November 3, 1999
TWO SOUTHERN ILLINOIS NURSING HOMES FINED
SPRINGFIELD, IL The Illinois Department of Public Health has fined two southwestern Illinois nursing homes:
Castlehaven Care Center was fined $15,000 for two incidents regarding resident care: one involving physical and verbal abuse ($10,000) (Statement of Violation) and the other for inadequate supervision to prevent elopement ($5,000) (Statement of Violation).
Department investigators learned a staff member physically abused a 72-year-old resident several times and another staffer verbally abused the same resident. According to interviews with Castlehaven staff, a staff member struck the resident with an open hand and a closed fist several times, hit him on the head with a soup bowl, threw a ball at him, wrestled him to the ground, and pushed him into a room and shut the door. The resident suffered contusions and scratches. The facility staff who witnessed the altercations did not intervene and did not immediately report the incidents to the administrator. After the abuse, another staff member cursed the resident, taunted him about getting beat up and threatened him with harm.
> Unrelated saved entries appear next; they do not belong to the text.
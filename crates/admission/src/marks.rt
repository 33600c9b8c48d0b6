// The records of a map: their form, and the search for one.

ghost use Rattle.std.specs.Prelude.{◌≡◌, ℕ, ◌<◌, List, length};
ghost use Rattle.admission_rules.specs.Admission.{mark_at, marks_in, is_mark, ascends};
ghost use Rattle.admission.specs.Maps.{bytes_of, mark_of, shaped_of, formed, Formed, IsMap, Found, NeedAt};

use admission_rules::Mark;
use std::marker::Model;

// "kind (1 main, 2 routine, 3 handler)"
pub(crate) const MAIN: u8 = 1;

pub(crate) const ROUTINE: u8 = 2;

pub(crate) const HANDLER: u8 = 3;

fn mark_of(bytes: &[u8; 8]) -> Mark
    ensures { result ≡ mark_of bytes.now }
{
    Mark {
        address: addresses::join(bytes[0], bytes[1]),
        kind: bytes[2],
        height: bytes[3],
        need: bytes[4],
    }
}

// "kind (1 main, 2 routine, 3 handler), .. three zeros"
fn is_shaped(bytes: &[u8; 8]) -> bool
    ensures { result ≡ shaped_of bytes.now }
{
    (MAIN..=HANDLER).contains(&bytes[2]) && bytes[5] == 0 && bytes[6] == 0 && bytes[7] == 0
}

// "strictly ascending address"
fn ascends(records: &[[u8; 8]], i: usize) -> bool
    requires { i < length records.now }
    ensures { result ≡ ascends (bytes_of records.now) i }
{
    i == 0 || mark_of(&records[i - 1]).address < mark_of(&records[i]).address
}

fn is_formed(records: &[[u8; 8]], i: usize) -> bool
    requires { i < length records.now }
    ensures { result ≡ formed (bytes_of records.now) i }
{
    is_shaped(&records[i]) && ascends(records, i)
}

// 11: the first record that is "malformed or not ascending".
pub(crate) fn first_malformed(records: &[[u8; 8]]) -> Option<usize>
    ensures { Formed (bytes_of records.now) result }
{
    (0..records.len()).find(|&i| !is_formed(records, i))
}

// A map of at most 65,536 bytes whose records ascend. Clauses see its bytes.
#[derive(Drop)]
pub(crate) struct Map<'a> {
    pub(crate) records: &'a [[u8; 8]],
}

impl<'a> Model for Map<'a> {
    ghost Value = { List ℕ };

    ghost view = { λ map. bytes_of map.records.now };

    ghost invariant = { λ map. IsMap map.records.now };
}

impl Map<'_> {
    pub(crate) fn len(&self) -> u16
        ensures { result ≡ marks_in self.now }
    {
        self.records.len() as u16
    }

    pub(crate) fn mark_at(&self, i: u16) -> Mark
        requires { i < marks_in self.now }
        ensures { result ≡ mark_at self.now i }
    {
        mark_of(&self.records[i as usize])
    }

    // The first record whose address is not below this one, by halving; where there is none, how many there are.
    fn halve(&self, address: u16) -> usize
        ensures { Found self.now address result }
    {
        self.records
            .partition_point(|bytes| mark_of(bytes).address < address)
    }

    // The same, where it is likely to be this record.
    fn find(&self, address: u16, likely: usize) -> usize
        ensures { Found self.now address result }
    {
        match self.records.get(likely) {
            Some(bytes) if mark_of(bytes).address == address => likely,
            _ => self.halve(address),
        }
    }

    // The need of the record with this address, kind and height, which is likely to be this record.
    pub(crate) fn need_at(&self, address: u16, kind: u8, height: u16, likely: usize) -> Option<u8>
        ensures { NeedAt self.now address kind height result }
    {
        let m = mark_of(self.records.get(self.find(address, likely))?);
        is_mark(m, address, kind, height).then_some(m.need)
    }
}

fn is_mark(m: Mark, address: u16, kind: u8, height: u16) -> bool
    ensures { result ≡ is_mark address kind height m }
{
    m.address == address && m.kind == kind && m.height as u16 == height
}
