// BRK, and what the interrupts have in common with it; RES ends as they do. Each access has its number in the step.

#![tactic(auto)]

ghost use Rattle.std.specs.Prelude.{◌<◌, ◌≤◌, length};
ghost use Rattle.rules.specs.declared.State.{State};
ghost use Rattle.rules.specs.Cycles.{execution};
ghost use Rattle.rules.specs.Operations.{with_pc, enter, brk};
ghost use Rattle.wiring.specs.Wiring.{Stands, Ready};
ghost use Rattle.laws.specs.Goes.{Goes, Does};
ghost use Rattle.sequence.specs.Pushes.{push_three};

use rules::Purpose;
use wiring::Wiring;

// "push PC high, low, P"
pub fn push_three(
    state: &[u8; 16],
    w: Wiring,
    image: &mut [u8],
    list: &mut [u8],
    pc: u16,
    s: u8,
    p: u8,
)
    requires { Ready w (length image.old) (length list.old) }
    ensures { (t : State) → Stands execution t state.now w →
        Goes (push_three pc s p) 2 t.bus image.old list.old tt 5 t.bus
        image.new list.new }
{
    writes::push_pc(state, w, image, list, 2, pc, s);
    writes::push(state, w, image, list, 4, addresses::down(2, s), p);
}

// How BRK, an interrupt and a reset end: S is lower by 3, "read the vector", "set I".
pub fn enter(vector: u16, state: &mut [u8; 16], w: Wiring, image: &[u8], list: &mut [u8])
    requires { (vector < 65535) × Ready w (length image.now) (length list.old) }
    ensures { (s : State) → Stands execution s state.old w →
        Does (enter vector s.cpu) 5 s image.now list.old 7 state.new image.now
        list.new }
{
    let s = state[state::S];
    let f = flags::with_i(true, state::flags_of(state));
    let to = reads::word_at(
        Purpose::Vector,
        state,
        w,
        image,
        list,
        5,
        vector,
        vector + 1,
    );
    state::set_flags(state, f);
    state::set_s(state, addresses::down(3, s));
    state::set_pc(state, to);
}

// "BRK: PC+1, push PC+2 high, low, P with bit 4 set, FFFE, FFFF; I set." PC+1 was read, and is pc here.
pub fn brk(pc: u16, state: &mut [u8; 16], w: Wiring, image: &mut [u8], list: &mut [u8])
    requires { Ready w (length image.old) (length list.old) }
    ensures { (s : State) → Stands execution s state.old w →
        Does (brk (with_pc pc s.cpu)) 2 s image.old list.old 7 state.new image.new
        list.new }
{
    let back = pc.wrapping_add(1);
    let s = state[state::S];
    let p = flags::with_bit_4(state::flags_of(state));
    push_three(state, w, image, list, back, s, p);
    enter(65534, state, w, image, list);
}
Both staffers members were later fired.
In another instance, a resident wandered unnoticed from Castlehaven Care Center in his stocking feet and was only determined to be missing after police picked up the man at a residence more than 500 feet from the facility. Department investigators discovered a door alarm had sounded but, when staff checked, they believed a resident standing nearby had set off the alarm. An initial survey of residents turned up no one missing but, after police called a second time, staff realized the man was gone.
Columbia Convalescent Center was fined $10,000 (Statement of Violation) for failure to provide care in a manner to prevent injuries and for not immediately informing a residents physician of an injury. Responding to a complaint, Department surveyors learned a 96-year-old resident had fallen over while sitting on her bed and hit her head on the footboard. The staff member who was present helping the resident dress did not report the incident to anyone and, when asked about it, denied knowing how the residents face had been bruised and why her eye was swollen.
Approximately four hours passed before staff attempted to contact the womans physician. Her doctor ordered the woman transferred to the hospital where she was diagnosed with a hemorrhage to the left eye and a loss of vision. The physician told Department surveyors prompt examination and treatment would have resulted in a better outcome.
In addition to the eye injury, the resident also had two skin tears on her arm. The injury was caused by the prongs of a ring the staffer was wearing that caught on the womans skin. The staffer cleaned the wounds and noted the injury in the residents chart.
Castlehaven Care Center and Columbia Convalescent Center have requested hearings on the Departments actions. No hearing dates have been set.